RE: Open Choice is a Trojan Horse for Open Access Mandates
On Sat, 10 Mar 2007, Waaijers, Leo wrote:
> I do not understand the opposition against this newest move of Elsevier.
> They, Elsevier, organise the review process and then want to be
> compensated before the author version of the reviewed article may be
> posted in the IR and circulated freely. But this circulated version will
> have an authorized quality stamp, I guess. Isn't that exactly what we
> want: the publisher limits itself to the organisation of the review
> process?
>
> They embrace the Trojan horse. Isn't that what Trojan horses are meant
> for?
Leo,
I am afraid I am in very profound disagreement with you on this. Trojan
Horses are not to be embraced but to be exposed and resisted.
Elsevier (and the rest of the pit-bull lobby) would like to prevent OA
self-archiving from being mandated, and they would like to ensure that
if authors make their articles OA, they pay Elsevier extra money to
do so.
If you think this is an outcome we should embrace rather than resist,
then I don't think we have the same goal. My goal is OA, 100% OA, as
soon as possible. Funder and University ID/OA mandates will get as
to that goal almost overnight. The publishing lobby knows that too,
and is trying hard to prevent it.
I cannot understand why you would want to embrace that attempt.
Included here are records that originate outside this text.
use crate::counting::Pieces;
use replay_report::write_report;
use smm_base::{MemSink, WriteError};
use std::test::Fail;
use sync_words::{Access, Event, Label, Register, Status, WordId};

/// How many bytes of a report are handed over at once, at most.
const PIECE: usize = 65536;

// An event of the chipset, the last actor of one processor.
fn labelled(word: WordId, label: Label) -> Event {
    Event {
        actor: 1,
        word,
        access: Access::Put(1),
        found: 0,
        label,
    }
}

#[test]
fn a_report_goes_out_whole_in_small_pieces(rt: HostRuntime) -> Result<(), Fail> {
    let alloc = rt.alloc();
    let events = [
        labelled(WordId::Source, Label::Wave(1)),
        labelled(WordId::Source, Label::Wave(2)),
        labelled(WordId::Source, Label::Served(1)),
        labelled(WordId::Source, Label::Served(0)),
        labelled(WordId::Counter, Label::End),
    ];
    let mut sink = MemSink::new(alloc, 10, Vec::new(alloc))?;
    write_report(alloc, 1, &events, false, &mut sink)?;
    let want = b"chip source put:1 0 wave:1\n\
        chip source put:1 0 wave:2\n\
        chip source put:1 0 served:1\n\
        chip source put:1 0 served:0\n\
        chip counter put:1 0 end\n\
        unfinished events 5 sessions 1 unserved 1\n";
    assert_eq!(rt; sink.bytes().as_slice(), want.as_slice());
    Ok(())
}

#[test]
fn a_report_stops_at_a_write_that_fails(rt: HostRuntime) -> Result<(), Fail> {
    let alloc = rt.alloc();
    let events = [labelled(WordId::Except, Label::Excepted(1))];
    let mut sink = MemSink::new(alloc, 10, vec![in alloc; 2]?)?;
    let written = write_report(alloc, 1, &events, true, &mut sink);
    assert_eq!(rt; written, Err(WriteError::Failed));
    assert_eq!(rt; sink.bytes().as_slice(), b"chip excep".as_slice());
    Ok(())
}

#[test]
fn a_long_report_goes_out_in_pieces_that_fit(rt: HostRuntime) -> Result<(), Fail> {
    let alloc = rt.alloc();
    let longest = Event {
        actor: 65_534,
        word: WordId::Present(65_533),
        access: Access::Claim(16_777_214, 16_777_213),
        found: 16_777_212,
        label: Label::Read {
            cpu: 65_532,
            register: Register::ProcessorId,
            width: 4_294_967_295,
            value: 18_446_744_073_709_551_615,
            status: Status::InterruptPending,
        },
    };
    let events = vec![in alloc; longest; 1000]?;
    let mut sink = Pieces {
        longest: 0,
        count: 0,
    };
    write_report(alloc, 65_535, &events, true, &mut sink)?;
    assert!(rt; sink.longest <= PIECE);
    assert_eq!(rt; sink.count, 2);
    Ok(())
}
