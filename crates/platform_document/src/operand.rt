ghost use Rattle.std.specs.Prelude.{◌≡◌, ◌<◌, IfOk, IfSome, IsTrue};
ghost use Rattle.std.specs.Char.{is_digit};
ghost use Rattle.std.specs.List.{list_all};
ghost use Rattle.toml.specs.View.{view, table_view};
ghost use Rattle.cpu_table.specs.Ranges.{is_operand, is_variable};
ghost use Rattle.platform_document.specs.Words.{variable_of, are_digits, number_of_digits, hexadecimal_of, operand_of};
ghost use Rattle.platform_document.specs.Operands.{operand_number, operand_text, operand_value, operand_at};

use crate::document::{GREATEST, member, number_within};
use crate::fault::WalkFault;
use crate::path::Path;
use crate::word::Word;
use cpu_table::Operand;
use toml::{Table, Value};

/// One of the eight variables of a session.
#[derive(Clone, Copy)]
pub struct Variable {
    /// 0 to 7.
    pub number: u8,
}

// One of the variables `v0` to `v7`.
fn variable_of(text: &str) -> Option<Variable>
    ensures variable { result ≡ variable_of text.now }
    ensures there { IfSome result (λ variable. IsTrue (is_variable variable.number)) }
{
    let number = match text {
        "v0" => 0,
        "v1" => 1,
        "v2" => 2,
        "v3" => 3,
        "v4" => 4,
        "v5" => 5,
        "v6" => 6,
        "v7" => 7,
        _ => return None,
    };
    Some(Variable { number })
}

impl Word for Variable {
    ghost meaning = { variable_of };

    fn of(text: &str) -> Option<Self> {
        variable_of(text)
    }
}

// Is each byte a hexadecimal digit?
fn are_hexadecimal(digits: &[u8]) -> bool
    ensures { result ≡ list_all (λ c. is_digit c 16) digits.now }
{
    digits.iter().all(|digit| char::from(*digit).is_digit(16))
}

// Are these 1 to 16 hexadecimal digits?
fn are_digits(digits: &[u8]) -> bool
    ensures { result ≡ are_digits digits.now }
{
    let count = digits.len();
    1 <= count && count <= 16 && are_hexadecimal(digits)
}

// The number of 1 to 16 hexadecimal digits.
fn number_of_digits(digits: &str) -> Option<u64>
    ensures { result ≡ number_of_digits digits.now }
{
    if !are_digits(digits.as_bytes()) {
        return None;
    }
    match u64::from_str_radix(digits, 16) {
        Ok(number) => Some(number),
        Err(_) => unreachable!(),
    }
}

// The number of `0x` and such digits.
fn hexadecimal_of(text: &str) -> Option<u64>
    ensures { result ≡ hexadecimal_of text.now }
{
    match text.strip_prefix("0x") {
        Some(digits) => number_of_digits(digits),
        None => None,
    }
}

// An operand as a text: a variable, or a hexadecimal number.
fn operand_of(text: &str) -> Option<Operand>
    ensures operand { result ≡ operand_of text.now }
    ensures fits { IfSome result (λ operand. IsTrue (is_operand operand)) }
{
    match variable_of(text) {
        Some(variable) => Some(Operand::Variable(variable.number)),
        None => match hexadecimal_of(text) {
            Some(number) => Some(Operand::Number(number)),
            None => None,
        },
    }
}

// An operand as an integer from 0.
fn operand_number(number: i64, path: Path) -> Result<Operand, WalkFault>
    ensures operand { result ≡ operand_number path number }
    ensures fits { IfOk result (λ operand. IsTrue (is_operand operand)) }
{
    let number = number_within(number, path, 0, GREATEST)?;
    Ok(Operand::Number(number))
}

// An operand as a text.
fn operand_text(text: &str, path: Path) -> Result<Operand, WalkFault>
    ensures operand { result ≡ operand_text path (Some text.now) }
    ensures fits { IfOk result (λ operand. IsTrue (is_operand operand)) }
{
    match operand_of(text) {
        Some(operand) => Ok(operand),
        None => Err(WalkFault::Word(path)),
    }
}

// The operand of a value.
fn operand_value(value: &Value, path: Path) -> Result<Operand, WalkFault>
    ensures operand { result ≡ operand_value path (view value.now) }
    ensures fits { IfOk result (λ operand. IsTrue (is_operand operand)) }
{
    if let Some(number) = value.as_integer() {
        return operand_number(number, path);
    }
    match value.as_str() {
        Some(text) => operand_text(text, path),
        None => Err(WalkFault::WrongType(path)),
    }
}

/// The operand at a key.
pub fn operand_at(table: &Table, path: Path) -> Result<Operand, WalkFault>
    ensures operand { result ≡ operand_at path (table_view table.now) }
    ensures fits { IfOk result (λ operand. IsTrue (is_operand operand)) }
{
    match member(table, path) {
        Some(value) => operand_value(value, path),
        None => Err(WalkFault::Missing(path)),
    }
}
If it is
because you think paying publishers for OA directly will bring us to 100%
OA faster, or with greater probability, I am afraid I completely disagree
with you, and the evidence all does too.
I was hoping we could make a united front against the Trojan Horse.
It would be a great pity (and loss for OA) if we did not.
Stevan
PS The success of incentivised volunteer self-archiving in the Netherlands
has been a great asset, but, historically speaking, it will have had a
very different role in OA if it leads to complacency about mandates and
complicity with attempts to resist them.